_What is expected_:
Print verbatim the opening line of the material and every subsequent line through the one containing "x and at y.".

Excerpted records: Begin

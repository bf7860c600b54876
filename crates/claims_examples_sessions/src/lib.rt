// Worked examples of sessions, jobs and runs of two groups, computed by the definitions: the dearer ones, which no edit is about.
#![tactic(auto)]
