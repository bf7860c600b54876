// Amplitudes for plotting: the answer, and a line of the plot. See specs/ for the definitions and proofs/ for the laws.
#![tactic(auto)]

// "the answer is nothing, .. or a value on the real axis, or a value on the imaginary axis"
#[derive(Clone, Copy)]
pub enum Amplitude {
    Nothing,
    Real(f64),
    Imag(f64),
}

// "Each plot line holds three floats, real part, imaginary part and probability"
#[derive(Clone, Copy)]
pub struct PlotLine {
    pub re: f64,
    pub im: f64,
    pub p: f64,
}
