// Tables of weights at places of one lent slice, for places that are known to fit. The slice is lent to each call anew:
// a struct that held it would have to say in each clause that it still holds the same one.
#![tactic(auto)]

ghost use Rattle.std.specs.Prelude.{◌≡◌, ◌+◌, ◌*◌, ◌≤◌, ◌++◌, List, length, slice_range};
ghost use Rattle.algebra.specs.Tables.{table_zero, table_one, table_plus, table_times};
ghost use Rattle.places.specs.Places.{table_in, Kept, Fits, Apart};

use algebra::interface::Semiring;

// The `size` entries from x on, in a list of which `size` entries between these two parts are lent out.
fn stretch<'a, V>(before: &'a [V], behind: &'a [V], size: usize, x: usize) -> &'a [V]
    requires fits { x + size ≤ length before.now + size + length behind.now }
    requires apart { Apart x size (length before.now) size }
    ensures { (room : List V) → length room ≡ size
        → result.now ≡ slice_range (before.now ++ (room ++ behind.now)) x (x + size) }
{
    if x < before.len() {
        &before[x..x + size]
    } else {
        let at = x - before.len() - size;
        &behind[at..at + size]
    }
}

// Writes the product of the tables at x and at y.
#[tactic(auto, using(std::proofs::lemmas::List::places, crate::proofs::Frames::product_between))]
pub fn product<S: Semiring>(n: usize, w: &mut [S::Value], x: usize, y: usize, out: usize)
    requires left { Fits x (n * n) w.old }
    requires right { Fits y (n * n) w.old }
    requires room { Fits out (n * n) w.old }
    requires apart { Apart x (n * n) out (n * n) × Apart y (n * n) out (n * n) }
    ensures made { table_in S.ops n w.new out
        ≡ table_times S.ops (table_in S.ops n w.old x) (table_in S.ops n w.old y) }
    ensures kept { Kept S.ops out (n * n) w.old w.new }
{
    let size = n * n;
    let (before, rest) = w.split_at_mut(out);
    let (room, behind) = rest.split_at_mut(size);
    let left = stretch(before, behind, size, x);
    let right = stretch(before, behind, size, y);
    kernels::product::<S>(n, left, right, room);
}

// Adds the table at x to the one at out.
#[tactic(auto, using(std::proofs::lemmas::List::places, crate::proofs::Frames::sum_between))]
pub fn add<S: Semiring>(n: usize, w: &mut [S::Value], x: usize, out: usize)
    requires table { Fits x (n * n) w.old }
    requires room { Fits out (n * n) w.old }
    requires apart { Apart x (n * n) out (n * n) }
    ensures made { table_in S.ops n w.new out
        ≡ table_plus S.ops (table_in S.ops n w.old out) (table_in S.ops n w.old x) }
    ensures kept { Kept S.ops out (n * n) w.old w.new }
{
    // Lent apart as in `product`: a function that did so would need a clause on how the three parts come back.
    let (before, rest) = w.split_at_mut(out);
    let (room, behind) = rest.split_at_mut(n * n);
    kernels::add::<S>(n, stretch(before, behind, n * n, x), room);
}

// Writes the table at x once more.
pub fn copy<S: Semiring>(n: usize, w: &mut [S::Value], x: usize, out: usize)
    requires table { Fits x (n * n) w.old }
    requires room { Fits out (n * n) w.old }
    ensures made { table_in S.ops n w.new out ≡ table_in S.ops n w.old x }
    ensures kept { Kept S.ops out (n * n) w.old w.new }
{
    w.copy_within(x..x + n * n, out);
}

// Writes the table of zeros.
pub fn clear<S: Semiring>(n: usize, w: &mut [S::Value], out: usize)
    requires room { Fits out (n * n) w.old }
    ensures made { table_in S.ops n w.new out ≡ table_zero S.ops n }
    ensures kept { Kept S.ops out (n * n) w.old w.new }
{
    w[out..out + n * n].fill_with(|| S::zero());
}

// Writes the identity.
pub fn identity<S: Semiring>(n: usize, w: &mut [S::Value], out: usize)
    requires room { Fits out (n * n) w.old }
    ensures made { table_in S.ops n w.new out ≡ table_one S.ops n }
    ensures kept { Kept S.ops out (n * n) w.old w.new }
{
    kernels::identity::<S>(n, &mut w[out..out + n * n]);
}
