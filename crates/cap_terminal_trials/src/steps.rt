// Which row does what.
use crate::fault::Fault;
use crate::row::{Row, row_of};
use crate::state::At;
use crate::{acts, disks, long, opening, plain, queries, sending, tokens};
use cap_entries::TermEntry;
use cap_journal::Journal;
use cap_terminal::Terminal;
use std::alloc::Global;
use std::string::String;

/// Takes one row. The text is what stands behind it: nothing for a heading.
pub(crate) fn step(alloc: Global, at: At, line: &str) -> Result<(At, String), Fault> {
    if line.is_empty() || line.starts_with('#') {
        return Ok((at, String::new(alloc)));
    }
    let (at, text) = stepped(alloc, at, &row_of(line))?;
    Ok((at, format!(in alloc; ": {text}")?))
}

// Rows that make a terminal.
fn stepped(alloc: Global, at: At, row: &Row<'_>) -> Result<(At, String), Fault> {
    match row.verb {
        "new" => opening::new(alloc, row.words),
        "disk" => disks::failing(alloc, row.words),
        _ => taken_apart(alloc, at, row),
    }
}

// Rows that take the terminal apart.
fn taken_apart(alloc: Global, at: At, row: &Row<'_>) -> Result<(At, String), Fault> {
    match row.verb {
        "entry" => opening::entry(alloc, at, row.words),
        "open" => opening::again(alloc, at),
        "plain" => plain::plain(alloc, at, row.words),
        "long" => long::long(alloc, row.words),
        _ => acted(alloc, at, row),
    }
}

fn acted(alloc: Global, at: At, row: &Row<'_>) -> Result<(At, String), Fault> {
    match at {
        At::Open(terminal) => {
            let mut terminal = terminal;
            let text = act(alloc, &mut terminal, row)?;
            Ok((At::Open(terminal), text))
        }
        At::OnDisk(terminal) => {
            let mut terminal = terminal;
            let text = act(alloc, &mut terminal, row)?;
            Ok((At::OnDisk(terminal), text))
        }
        other => Ok((other, String::from_str(alloc, "none")?)),
    }
}

fn act<J: Journal<TermEntry>>(
    alloc: Global,
    terminal: &mut Terminal<J>,
    row: &Row<'_>,
) -> Result<String, Fault> {
    match row.verb {
        "sell" => acts::sell(alloc, terminal, row.words),
        "begin" => acts::begin(alloc, terminal, row.words),
        "offline" => acts::complete(alloc, terminal, row.words),
        "void" => acts::give_up(alloc, terminal, row.words),
        _ => end(alloc, terminal, row),
    }
}

fn end<J: Journal<TermEntry>>(
    alloc: Global,
    terminal: &mut Terminal<J>,
    row: &Row<'_>,
) -> Result<String, Fault> {
    match row.verb {
        "cancel" => acts::cancel(alloc, terminal, row.words),
        "close" => acts::close(alloc, terminal),
        "closes" => acts::closes(alloc, terminal, row.words),
        _ => hear(alloc, terminal, row),
    }
}

fn hear<J: Journal<TermEntry>>(
    alloc: Global,
    terminal: &mut Terminal<J>,
    row: &Row<'_>,
) -> Result<String, Fault> {
    match row.verb {
        "told" => acts::told(alloc, terminal, row.words),
        "byte" => acts::byte(alloc, terminal, row.words),
        "decide" => tokens::follow(alloc, terminal, row.words),
        "token" => tokens::offer(alloc, terminal, row.words),
        _ => ask(alloc, terminal, row),
    }
}

fn ask<J: Journal<TermEntry>>(
    alloc: Global,
    terminal: &Terminal<J>,
    row: &Row<'_>,
) -> Result<String, Fault> {
    match row.verb {
        "counts" => queries::counts(alloc, terminal),
        "queue" => queries::queue(alloc, terminal),
        "limits" => queries::limits(alloc, terminal),
        "pending" => queries::pending(alloc, terminal, row.words),
        "totals" => queries::totals(alloc, terminal, row.words),
        _ => send(alloc, terminal, row),
    }
}

fn send<J: Journal<TermEntry>>(
    alloc: Global,
    terminal: &Terminal<J>,
    row: &Row<'_>,
) -> Result<String, Fault> {
    match row.verb {
        "head" => sending::head(alloc, terminal, row.words),
        "batch" => sending::batch(alloc, terminal, row.words),
        "ask" => sending::ask(alloc, terminal, row.words),
        _ => question(alloc, terminal, row),
    }
}

fn question<J: Journal<TermEntry>>(
    alloc: Global,
    terminal: &Terminal<J>,
    row: &Row<'_>,
) -> Result<String, Fault> {
    match row.verb {
        "askcancel" => sending::ask_cancel(alloc, terminal, row.words),
        "diagnose" => sending::diagnose(alloc, terminal),
        "status" => sending::status(alloc, terminal, row.words),
        _ => Ok(String::from_str(alloc, "no such step")?),
    }
}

Excerpted records: End

_Written response_:
repository bf7860c600b54876
filename crates/claims_examples_sessions/src/lib.rt
// Worked examples of sessions, jobs and runs of two groups, computed by the definitions: the dearer ones, which no edit is about.
#![tactic(auto)]
repository bf7860c600b54876
// Amplitudes for plotting: the answer, and a line of the plot. See specs/ for the definitions and proofs/ for the laws.
#![tactic(auto)]

// "the answer is nothing, .. or a value on the real axis, or a value on the imaginary axis"
#[derive(Clone, Copy)]
pub enum Amplitude {
    Nothing,
    Real(f64),
    Imag(f64),
}

// "Each plot line holds three floats, real part, imaginary part and probability"
#[derive(Clone, Copy)]
pub struct PlotLine {
    pub re: f64,
    pub im: f64,
    pub p: f64,
}
// Tables of weights at places of one lent slice, for places that are known to fit. The slice is lent to each call anew:
// a struct that held it would have to say in each clause that it still holds the same one.
#![tactic(auto)]

ghost use Rattle.std.specs.Prelude.{◌≡◌, ◌+◌, ◌*◌, ◌≤◌, ◌++◌, List, length, slice_range};
ghost use Rattle.algebra.specs.Tables.{table_zero, table_one, table_plus, table_times};
ghost use Rattle.places.specs.Places.{table_in, Kept, Fits, Apart};

use algebra::interface::Semiring;

// The `size` entries from x on, in a list of which `size` entries between these two parts are lent out.
fn stretch<'a, V>(before: &'a [V], behind: &'a [V], size: usize, x: usize) -> &'a [V]
    requires fits { x + size ≤ length before.now + size + length behind.now }
    requires apart { Apart x size (length before.now) size }
    ensures { (room : List V) → length room ≡ size
        → result.now ≡ slice_range (before.now ++ (room ++ behind.now)) x (x + size) }
{
    if x < before.len() {
        &before[x..x + size]
    } else {
        let at = x - before.len() - size;
        &behind[at..at + size]
    }
}

// Writes the product of the tables at x and at y.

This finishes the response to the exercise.